The performance gain here is much more modest, but you can see the reduction in allocation happening here.

*This exercise is to be completed in small groups of 3 or less*

**Exercise 3**: Create two equivalent functions that apply $x^2 + \sqrt{x} - 5$ to each entry of a vector, where one function uses fused vectorization and the other function does not. Benchmark the difference on a relevant test case.

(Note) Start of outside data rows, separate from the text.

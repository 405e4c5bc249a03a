// Laws of the 3964R link as a whole; no code.
#![tactic(auto)]
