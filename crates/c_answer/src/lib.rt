// The answer of every call for C, as one number: a value in its low half and a kind above it, which is 0 for done, 255 for "not
// mine", else the number of the refusal; and the events of a receiver as numbers. include/hanraquin.h says it for the programmer.
#![tactic(auto)]

ghost use Rattle.std.specs.Prelude.{◌≡◌};
ghost use Rattle.base.specs.Filling.{given_by};
ghost use Rattle.c_answer.specs.Answer.{refused, of_writing};
ghost use Rattle.c_answer.specs.Event.{event_at};

use events::Event;
use refusal::Numbered;

// What one step of the kind counts in an answer.
pub const KINDS: u64 = 4294967296;

// The answer "not mine".
pub const NOT_MINE: u64 = 255 * KINDS;

// The answer of a call that is refused with a number.
pub fn refused_with(number: u8) -> u64
    ensures { result ≡ refused number }
{
    number as u64 * KINDS
}

// The answer of a refused call.
pub fn refused<R: Numbered>(refusal: R) -> u64
    ensures { result ≡ refused (R.numeral refusal) }
{
    refused_with(refusal.number())
}

// The answer of a call that writes.
pub fn of_writing<R: Numbered>(answer: Result<usize, R>) -> u64
    ensures { result ≡ of_writing (given_by R.numeral answer) }
{
    match answer {
        Ok(n) => n as u64,
        Err(r) => refused(r),
    }
}

// The event that is the timer.
pub const TIMER: u32 = 256;

// The event with a number, up to that of the timer: a byte, or the timer.
#[tactic(auto, unfolding(crate::specs::Event::event_at))]
pub fn event_at(n: u32) -> Event
    ensures { result ≡ event_at n }
{
    if n < TIMER {
        Event::Byte(n as u8)
    } else {
        Event::Timer
    }
}
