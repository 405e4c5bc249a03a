// The dry run of a net: the journey of a telegram over tables end to end, hop after hop. In each hop the called station makes its
// step on the header; the entries of the block stay where the telegram has them, and the last telegram is written at the end.
#![tactic(auto)]

ghost use Rattle.std.specs.Prelude.{◌≡◌, true, ◌≤◌, length, drop, Ok};
ghost use Rattle.mop_header.specs.Header.{head_of, telegram_of, block_start};
ghost use Rattle.mop_reader.specs.Reading.{sound, reading};
ghost use Rattle.mop_reader.specs.declared.Reader.TheVariants.{Station};
ghost use Rattle.mop_header.specs.declared.Function.TheVariants.{Reply};
ghost use Rattle.net_journey.specs.Bounded.{playing, most_transmissions};
ghost use Rattle.net_hop.specs.Tables.{net_of, set_up};
ghost use Rattle.net_hop.specs.Hop.{ending_of};
ghost use Rattle.net_dry_run.specs.DryRun.{played, outcome_of, dry_run_of, run_output, padded, dry_run};
ghost use Rattle.net_dry_run.specs.Private.Legs.{Begins, Leads, summary_of, summary_of_leg, of_summary};

use mop_header::Header;
use mop_reader::{MAX_TELEGRAM, Reader};
use mop_step::REPLY_BODY;
use net_hop::{BYTES, HopAnswer, JourneyEnd, MOST_TRANSMISSIONS};
use refusal::Refusal;
use std::ops::ControlFlow;

// The places of the output that a dry run fills, and asks for.
const RUN_OUTPUT: usize = 1024;

// What a dry run gives: the count of transmissions, how the journey ended and the length of the last telegram.
#[derive(Clone, Copy)]
pub struct Played {
    pub count: usize,
    pub ending: JourneyEnd,
    pub length: usize,
}

// What stays the same on a leg of a journey: the addresses of the stations, which are for the contracts, the table of their
// places, the slice that has the block of the telegram, and its body.
#[derive(Clone, Copy)]
struct Leg<'a> {
    addresses: &'a [u8],
    places: &'a [u8; BYTES],
    block: &'a [u8],
    body: &'a [u8],
}

// Where a leg came to: the header then, how many transmissions were made before it, and whether the journey ended there, or a
// destination answered with a body of so many bytes.
#[derive(Clone, Copy)]
struct Stop {
    header: Header,
    gone: usize,
    next: ControlFlow<JourneyEnd, usize>,
}

impl Leg<'_> {
    // Hop after hop, until the journey ends or a destination answers. The loop never uses up its turns, since no journey has more
    // transmissions; so the answer behind it is never given.
    fn walk(
        &self,
        first: Header,
        before: usize,
        tables: &mut [u16],
        reply: &mut [u8; REPLY_BODY],
    ) -> Stop
        requires { Begins self.now tables.old before first }
        ensures { Leads self.now tables.old before first tables.new reply.new result }
    {
        let mut header = first;
        for gone in before..MOST_TRANSMISSIONS {
            match net_hop::hop(header, self.block, self.body, self.places, tables, reply) {
                HopAnswer::Relayed(h) => header = h,
                HopAnswer::Answered(h, n) => {
                    return Stop {
                        header: h,
                        gone: gone + 1,
                        next: ControlFlow::Continue(n),
                    };
                }
                HopAnswer::Ended(e) => {
                    return Stop {
                        header,
                        gone,
                        next: ControlFlow::Break(e),
                    };
                }
            }
        }
        Stop {
            header,
            gone: MOST_TRANSMISSIONS,
            next: ControlFlow::Break(JourneyEnd::AtZero),
        }
    }

    // Ends a run: the last telegram in the first places of out, and 0 behind it.
    fn end(
        &self,
        header: Header,
        count: usize,
        ending: JourneyEnd,
        out: &mut [u8; RUN_OUTPUT],
    ) -> Played
        requires { length (telegram_of (head_of header self.now.block.now) self.now.body.now) ≤ run_output }
        ensures result_value { outcome_of (Ok result) ≡ played count (ending_of ending) (length (telegram_of (head_of header self.now.block.now) self.now.body.now)) }
        ensures out_after { out.new ≡ padded (telegram_of (head_of header self.now.block.now) self.now.body.now) }
    {
        let length = mop_header::write(header, self.block, self.body, out).unwrap();
        out[length..].fill(0);
        Played {
            count,
            ending,
            length,
        }
    }

    // The way home of a reply. It is only relayed, so that nobody answers it.
    fn go_home(
        &self,
        first: Header,
        before: usize,
        tables: &mut [u16],
        out: &mut [u8; RUN_OUTPUT],
    ) -> Played
        requires begins { Begins self.now tables.old before first }
        requires is_reply { first.function ≡ Reply }
        ensures { dry_run_of (Ok result) tables.new out.new ≡ of_summary (summary_of_leg self.now tables.old before first) }
    {
        let mut unused = [0u8; REPLY_BODY];
        let stop = self.walk(first, before, tables, &mut unused);
        match stop.next {
            ControlFlow::Break(e) => self.end(stop.header, stop.gone + 1, e, out),
            ControlFlow::Continue(_) => unreachable!(),
        }
    }
}

// The journey of a telegram that was read: to its end, or to its destination and then home.
fn play(
    header: Header,
    telegram: &[u8],
    addresses: &[u8],
    tables: &mut [u16],
    out: &mut [u8; RUN_OUTPUT],
) -> Played
    requires telegram_value { reading Station telegram.now ≡ sound (head_of header (drop (block_start header.form) telegram.now)) }
    requires tables_value { set_up addresses.now tables.old ≡ true }
    ensures played { dry_run_of (Ok result) tables.new out.new ≡ of_summary (summary_of 0 (playing most_transmissions (net_of addresses.now tables.old) telegram.now)) }
    ensures out_len { length out.new ≡ run_output }
{
    let places = net_hop::places_of(addresses);
    let leg = Leg {
        addresses,
        places: &places,
        block: &telegram[header.block_start()..],
        body: &telegram[header.length()..],
    };
    // A fixed room, and a length from the answer: no heap.
    let mut reply = [0u8; REPLY_BODY];
    let stop = leg.walk(header, 0, tables, &mut reply);
    match stop.next {
        ControlFlow::Break(e) => leg.end(stop.header, stop.gone + 1, e, out),
        ControlFlow::Continue(n) => {
            let home = Leg {
                body: &reply[..n],
                ..leg
            };
            home.go_home(stop.header, stop.gone, tables, out)
        }
    }
}

// The dry run of a telegram over a net: the one journey of that net (`runs_the_journey`, specs/DryRun.antt), played on the
// tables given. Played: the count of transmissions, how the journey ended, and the length of the last telegram, which fills
// the first places of out; 0 fills those behind it up to the 1,024th, and the others keep their values.
// Refused, and tables and out as they were: 1 for a net that is not set up rightly, 12 for a telegram of more than 1,024
// bytes, 11 for an output of fewer than 1,024 places, 2 to 6 for the header.
pub fn dry_run(
    telegram: &[u8],
    addresses: &[u8],
    tables: &mut [u16],
    out: &mut [u8],
) -> Result<Played, Refusal>
    ensures { dry_run_of result tables.new out.new ≡ dry_run telegram.now addresses.now tables.old out.old }
{
    if !net_hop::is_set_up(addresses, tables) {
        return Err(Refusal::Setup);
    }
    if MAX_TELEGRAM < telegram.len() {
        return Err(Refusal::TooLong);
    }
    let Some(out) = out.first_chunk_mut::<RUN_OUTPUT>() else {
        return Err(Refusal::OutputShort);
    };
    let header = mop_reader::read(Reader::Station, telegram)?;
    Ok(play(header, telegram, addresses, tables, out))
}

### Use StaticArrays.jl for small vectors / matrices

If your function uses many small arrays (e.g. length `<= 100`) and the size of these arrays before execution, then you can use the `StaticArrays.jl` which offers much faster memory allocation over the `Array` types in base Julia.

In [21]:
using StaticArrays

A_s = @SMatrix [1 3 5 ; 2 3 6; 9 2 3]
B_s = @SMatrix [4 5 9 ; 5 4 4; 9 7 5]

A_n = [1 3 5 ; 2 3 6; 9 2 3]
B_n = [4 5 9 ; 5 4 4; 9 7 5]

println("Matrix Addition")
@btime A_n + B_n
@btime A_s + B_s

println("Matrix Multiplication")
@btime A_n * B_n
@btime A_s * B_s;

Matrix Addition
  107.163 ns (2 allocations: 144 bytes)
  66.188 ns (1 allocation: 80 bytes)
Matrix Multiplication
  146.122 ns (2 allocations: 144 bytes)
  77.499 ns (1 allocation: 80 bytes)


In [22]:
println("Determinant")
@btime det(A_n)
@btime det(A_s)

Determinant
  388.772 ns (5 allocations: 240 bytes)
  49.392 ns (1 allocation: 16 bytes)


26.0

Yeah, that speed up is pretty nice, almost a factor of 10x

*This exercise is to be completed in small groups of 3 or less*

**Exercise 4**: Write a function to compute the 4th power of a matrix. Benchmark the performance difference between `Array` and `StaticArray` on a 4-by-4 example.